We’re scrambling to identify the effects these advances have had on our collective health, so our laws are constantly in a state of catchup. It seems as though more regulation is required in order to protect the nation’s collective health, especially for younger and more vulnerable people.
Laws are needed to prevent the spreading of misinformation, to limit certain data collection to avoid larger corporate and political entities targeting vulnerable users, and to impose harsher penalties on malicious use of social media to harass, shame or stalk other users.
These are all things that are being floated but they are still behind the curve—if we are going to uphold that highest law, then such laws need to be pushed harder, and accelerated so that we’re at least trying to keep pace with rapid technological advances.

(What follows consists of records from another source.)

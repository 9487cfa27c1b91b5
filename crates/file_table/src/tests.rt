use super::*;
use bitflags::Flags;
use call_table::OpenFlags;
use file_tree::Tree;
use std::alloc::{AllocError, Global};

/// The negated errno; waiting and want of memory are numbers that no errno has.
pub(crate) fn refused(fault: FileFault) -> i64 {
    match fault {
        FileFault::Errno(errno) => -errno.code(),
        FileFault::Block => -1000,
        FileFault::Memory => -2000,
    }
}

/// An answer as a number.
pub(crate) fn number(answer: Result<usize, FileFault>) -> i64 {
    match answer {
        Ok(count) if count < 1 << 32 => count as i64,
        Ok(_) => i64::MAX,
        Err(fault) => refused(fault),
    }
}

/// The same of a call that answers a descriptor.
fn descriptor(answer: Result<u32, FileFault>) -> i64 {
    match answer {
        Ok(fd) => fd as i64,
        Err(fault) => refused(fault),
    }
}

/// The same of a call that answers nothing but that it was done, which is 0.
fn done(answer: Result<(), FileFault>) -> i64 {
    match answer {
        Ok(()) => 0,
        Err(fault) => refused(fault),
    }
}

/// A table over the root alone, with three devices.
pub(crate) fn empty(alloc: Global) -> Result<Files, AllocError> {
    let tree = Tree::new(alloc)?;
    Files::new(alloc, tree, 3, None)
}

pub(crate) fn open(alloc: Global, files: &mut Files, path: &[u8], flags: u64) -> i64 {
    descriptor(files.open_at(alloc, -100, path, OpenFlags::from_bits_retain(flags)))
}

fn dup_to(files: &mut Files, fd: u64, to: u64) -> i64 {
    match files.dup_to(fd, to, false) {
        Ok(fd) => descriptor(Ok(fd)),
        Err(errno) => refused(FileFault::Errno(errno)),
    }
}

pub(crate) fn dup(files: &mut Files, fd: u64, least: u64) -> i64 {
    match files.dup(fd, least, false) {
        Ok(fd) => descriptor(Ok(fd)),
        Err(errno) => refused(FileFault::Errno(errno)),
    }
}

/// Closes a descriptor, and tells the device that went with it, or 0.
pub(crate) fn close(files: &mut Files, fd: u64) -> i64 {
    match files.close(fd) {
        Ok(closed) => match closed.device {
            Some(device) => number(Ok(device)),
            None => 0,
        },
        Err(errno) => refused(FileFault::Errno(errno)),
    }
}

pub(crate) fn write(files: &mut Files, fd: u64, bytes: &[u8]) -> i64 {
    number(files.write(fd, bytes))
}

fn write_at(files: &mut Files, fd: u64, offset: u64, bytes: &[u8]) -> i64 {
    number(files.write_at(fd, offset, bytes))
}

fn truncate(files: &mut Files, fd: u64, size: u64) -> i64 {
    done(files.truncate(fd, size))
}

/// Whether a read of at most eight bytes answers a number, and the buffer begins with bytes and has zeros behind them.
pub(crate) fn reads(files: &mut Files, fd: u64, size: usize, answer: i64, bytes: &[u8; 8]) -> bool {
    let mut buffer = [0; 8];
    if size > 8 {
        return false;
    }
    let got = number(files.read(fd, &mut buffer[..size]));
    got == answer && buffer == *bytes
}

/// The same at an offset that is given, of nine bytes.
fn reads_at(files: &Files, fd: u64, offset: u64, answer: i64, bytes: &[u8; 9]) -> bool {
    let mut buffer = [0; 9];
    let got = match files.read_at(fd, offset, &mut buffer) {
        Ok(count) => number(Ok(count)),
        Err(errno) => refused(FileFault::Errno(errno)),
    };
    got == answer && buffer == *bytes
}

fn seek(files: &mut Files, fd: u64, offset: i64, whence: u64) -> i64 {
    match files.seek(fd, offset, whence) {
        Ok(to) => {
            if to < 1 << 32 {
                return to as i64;
            }
            i64::MAX
        }
        Err(errno) => refused(FileFault::Errno(errno)),
    }
}

/// Whether a listing answers a number, and the buffer, which had nines, has these bytes.
fn lists(alloc: Global, files: &mut Files, fd: u64, answer: i64, bytes: &[u8; 80]) -> bool {
    let mut buffer = [9; 80];
    number(files.list(alloc, fd, &mut buffer)) == answer && buffer == *bytes
}

/// What a listing answers with a buffer of so many bytes, at most 256.
fn listed(alloc: Global, files: &mut Files, fd: u64, size: usize) -> i64 {
    let mut buffer = [0; 256];
    if size > 256 {
        return i64::MAX;
    }
    number(files.list(alloc, fd, &mut buffer[..size]))
}

fn make_dir(alloc: Global, files: &mut Files, path: &[u8]) -> i64 {
    done(files.make_dir(alloc, -100, path))
}

fn unlink(files: &mut Files, path: &[u8], directory: bool) -> i64 {
    match files.unlink(-100, path, directory) {
        Ok(()) => 0,
        Err(errno) => refused(FileFault::Errno(errno)),
    }
}

/// A table whose tree has a file with this name and these bytes.
fn with_file(alloc: Global, name: &[u8], bytes: &[u8]) -> Result<Files, AllocError> {
    let mut files = empty(alloc)?;
    let _ = open(alloc, &mut files, name, 0x41);
    let _ = write(&mut files, 3, bytes);
    let _ = close(&mut files, 3);
    Ok(files)
}

#[test]
fn descriptors_of_one_description_share_a_file(rt: HostRuntime) -> Result<(), AllocError> {
    let mut files = with_file(rt.alloc(), b"f", b"abc")?;
    assert_eq!(rt; open(rt.alloc(), &mut files, b"f", 2), 3);
    assert_eq!(rt; dup_to(&mut files, 3, 9), 9);
    assert_eq!(rt; truncate(&mut files, 9, 1), 0);
    assert_eq!(rt; write_at(&mut files, 3, 2, b"z"), 1);
    assert!(rt; reads_at(&files, 3, 0, 3, b"a\0z\0\0\0\0\0\0"));
    assert!(rt; reads_at(&files, 9, 1, 2, b"\0z\0\0\0\0\0\0\0"));
    assert_eq!(rt; open(rt.alloc(), &mut files, b"/", 0), 4);
    Ok(())
}

#[test]
fn a_listing_goes_on_where_it_stopped(rt: HostRuntime) -> Result<(), AllocError> {
    let mut files = with_file(rt.alloc(), b"p", b"")?;
    assert_eq!(rt; open(rt.alloc(), &mut files, b"f", 0x41), 3);
    assert_eq!(rt; open(rt.alloc(), &mut files, b"/", 0), 4);
    for (size, answer) in [(23, -22), (71, 48), (256, 48), (256, 0)] {
        assert_eq!(rt;
            listed(rt.alloc(), &mut files, 4, size),
            answer,
            "at {size}"
        );
    }
    assert_eq!(rt; listed(rt.alloc(), &mut files, 3, 256), -20);
    assert_eq!(rt; listed(rt.alloc(), &mut files, 5, 256), -9);
    Ok(())
}

#[test]
fn an_entry_has_the_layout_of_linux(rt: HostRuntime) -> Result<(), AllocError> {
    let mut files = with_file(rt.alloc(), b"f", b"")?;
    assert_eq!(rt; open(rt.alloc(), &mut files, b"/", 0x10000), 3);
    assert!(rt;
        lists(
            rt.alloc(),
            &mut files,
            3,
            72,
            b"\x01\0\0\0\0\0\0\0\x01\0\0\0\0\0\0\0\x18\0\x04.\0\0\0\0\x01\0\0\0\0\0\0\0\x02\0\0\0\0\0\0\0\x18\0\x04..\0\0\0\x02\0\0\0\0\0\0\0\x03\0\0\0\0\0\0\0\x18\0\x08f\0\0\0\0\x09\x09\x09\x09\x09\x09\x09\x09",
        )
    );
    Ok(())
}

#[test]
fn the_least_number_that_was_closed_is_used_again(rt: HostRuntime) -> Result<(), AllocError> {
    let mut files = with_file(rt.alloc(), b"f", b"abc")?;
    for fd in [3, 4, 5, 6] {
        assert_eq!(rt; open(rt.alloc(), &mut files, b"f", 0), fd);
    }
    assert_eq!(rt; close(&mut files, 5), 0);
    assert_eq!(rt; close(&mut files, 3), 0);
    assert_eq!(rt; close(&mut files, 3), -9);
    assert_eq!(rt; dup(&mut files, 4, 4), 5);
    assert_eq!(rt; open(rt.alloc(), &mut files, b"f", 0), 3);
    assert_eq!(rt; open(rt.alloc(), &mut files, b"f", 0), 7);
    Ok(())
}

#[test]
fn a_description_has_an_offset_of_its_own(rt: HostRuntime) -> Result<(), AllocError> {
    let mut files = with_file(rt.alloc(), b"f", b"abc")?;
    assert_eq!(rt; open(rt.alloc(), &mut files, b"f", 0), 3);
    assert_eq!(rt; open(rt.alloc(), &mut files, b"f", 0), 4);
    assert_eq!(rt; dup(&mut files, 3, 0), 5);
    assert!(rt; reads(&mut files, 3, 2, 2, b"ab\0\0\0\0\0\0"));
    assert!(rt; reads(&mut files, 5, 8, 1, b"c\0\0\0\0\0\0\0"));
    assert!(rt; reads(&mut files, 3, 8, 0, b"\0\0\0\0\0\0\0\0"));
    assert!(rt; reads(&mut files, 4, 8, 3, b"abc\0\0\0\0\0"));
    Ok(())
}

#[test]
fn what_was_unlinked_is_read_through_its_descriptor(rt: HostRuntime) -> Result<(), AllocError> {
    let mut files = with_file(rt.alloc(), b"f", b"abc")?;
    assert_eq!(rt; open(rt.alloc(), &mut files, b"f", 2), 3);
    assert_eq!(rt; unlink(&mut files, b"f", false), 0);
    assert_eq!(rt; open(rt.alloc(), &mut files, b"f", 0), -2);
    assert_eq!(rt; write_at(&mut files, 3, 3, b"d"), 1);
    assert!(rt; reads(&mut files, 3, 8, 4, b"abcd\0\0\0\0"));
    assert_eq!(rt; close(&mut files, 3), 0);
    assert!(rt; reads(&mut files, 3, 8, -9, b"\0\0\0\0\0\0\0\0"));
    Ok(())
}

#[test]
fn a_directory_that_was_unlinked_has_no_entries(rt: HostRuntime) -> Result<(), AllocError> {
    let mut files = empty(rt.alloc())?;
    assert_eq!(rt; make_dir(rt.alloc(), &mut files, b"d"), 0);
    assert_eq!(rt; make_dir(rt.alloc(), &mut files, b"d"), -17);
    assert_eq!(rt; open(rt.alloc(), &mut files, b"d", 0), 3);
    assert_eq!(rt; done(files.make_dir(rt.alloc(), 3, b"e")), 0);
    assert_eq!(rt; unlink(&mut files, b"d", true), -39);
    assert_eq!(rt; unlink(&mut files, b"d/e", true), 0);
    assert_eq!(rt; unlink(&mut files, b"d", true), 0);
    assert_eq!(rt; listed(rt.alloc(), &mut files, 3, 256), -2);
    assert_eq!(rt; done(files.make_dir(rt.alloc(), 3, b"e")), -2);
    Ok(())
}

#[test]
fn there_are_256_descriptors(rt: HostRuntime) -> Result<(), AllocError> {
    let mut files = with_file(rt.alloc(), b"f", b"")?;
    for fd in 3..256 {
        assert_eq!(rt; open(rt.alloc(), &mut files, b"f", 0), fd);
    }
    assert_eq!(rt; open(rt.alloc(), &mut files, b"f", 0), -24);
    assert_eq!(rt; open(rt.alloc(), &mut files, b"none", 0), -24);
    assert_eq!(rt; dup(&mut files, 0, 0), -24);
    assert_eq!(rt; dup(&mut files, 0, 256), -22);
    assert_eq!(rt; dup_to(&mut files, 0, 256), -9);
    assert_eq!(rt; dup_to(&mut files, 0, 255), 255);
    Ok(())
}

#[test]
fn a_device_takes_bytes_and_has_none(rt: HostRuntime) -> Result<(), AllocError> {
    let mut files = empty(rt.alloc())?;
    assert_eq!(rt; write(&mut files, 1, b"ab"), 2);
    assert_eq!(rt; write(&mut files, 1, b"c"), 1);
    assert!(rt; has_output(&files, 1, b"abc"));
    assert!(rt; reads(&mut files, 1, 8, -1000, b"\0\0\0\0\0\0\0\0"));
    assert_eq!(rt; set_flags(&mut files, 1, 0x800), 0);
    assert!(rt; reads(&mut files, 1, 8, -11, b"\0\0\0\0\0\0\0\0"));
    assert_eq!(rt; seek(&mut files, 1, 0, 0), -29);
    assert_eq!(rt; truncate(&mut files, 1, 0), -22);
    assert_eq!(rt; dup(&mut files, 1, 0), 3);
    assert_eq!(rt; close(&mut files, 1), 0);
    assert!(rt; files.live(1));
    assert_eq!(rt; close(&mut files, 3), 1);
    assert!(rt; !files.live(1));
    Ok(())
}

/// Whether a device has this output.
fn has_output(files: &Files, device: usize, bytes: &[u8]) -> bool {
    files.live(device) && files.output(device) == bytes
}

pub(crate) fn set_flags(files: &mut Files, fd: u64, flags: u64) -> i64 {
    match files.set_flags(fd, flags) {
        Ok(()) => 0,
        Err(errno) => refused(FileFault::Errno(errno)),
    }
}

#[test]
fn an_open_is_refused_as_the_manual_says(rt: HostRuntime) -> Result<(), AllocError> {
    let mut files = with_file(rt.alloc(), b"f", b"abc")?;
    assert_eq!(rt; make_dir(rt.alloc(), &mut files, b"d"), 0);
    for (path, flags, answer) in [
        (b"f", 3, -22),
        (b"f", 0x400000, -22),
        (b"n", 0, -2),
        (b"f", 0x10000, -20),
        (b"f", 0xC1, -17),
        (b"d", 1, -21),
        (b"d", 0x40, -21),
        (b"d", 0x200, -21),
        (b"d", 0x10000, 3),
        (b"f", 0x200, 4),
    ] {
        assert_eq!(rt;
            open(rt.alloc(), &mut files, path, flags),
            answer,
            "at {flags}"
        );
    }
    assert!(rt; reads(&mut files, 4, 8, 0, b"\0\0\0\0\0\0\0\0"));
    assert_eq!(rt; write(&mut files, 4, b"x"), -9);
    assert!(rt; reads(&mut files, 3, 8, -21, b"\0\0\0\0\0\0\0\0"));
    Ok(())
}

#[test]
fn what_appends_goes_to_the_end(rt: HostRuntime) -> Result<(), AllocError> {
    let mut files = with_file(rt.alloc(), b"f", b"abc")?;
    assert_eq!(rt; open(rt.alloc(), &mut files, b"f", 0x402), 3);
    assert_eq!(rt; write(&mut files, 3, b"d"), 1);
    assert_eq!(rt; seek(&mut files, 3, 0, 1), 4);
    assert_eq!(rt; seek(&mut files, 3, -4, 2), 0);
    assert_eq!(rt; seek(&mut files, 3, -1, 1), -22);
    assert_eq!(rt; seek(&mut files, 3, 0, 3), -22);
    assert_eq!(rt; write_at(&mut files, 3, 0, b"e"), 1);
    assert!(rt; reads(&mut files, 3, 8, 5, b"abcde\0\0\0"));
    Ok(())
}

We can no longer sit back and wait, so that in five or ten years we’re not saying: “If only we’d done something sooner.”
If we—as conscientious professionals in this industry—want to see actual change, then we should be doing what we can to make sure the rights we deal in and the legal protections we uphold are being used to care for those who need their safeguarding the most. We have power, knowledge, and skills that others do not. If we care about these issues, we can do more to change them.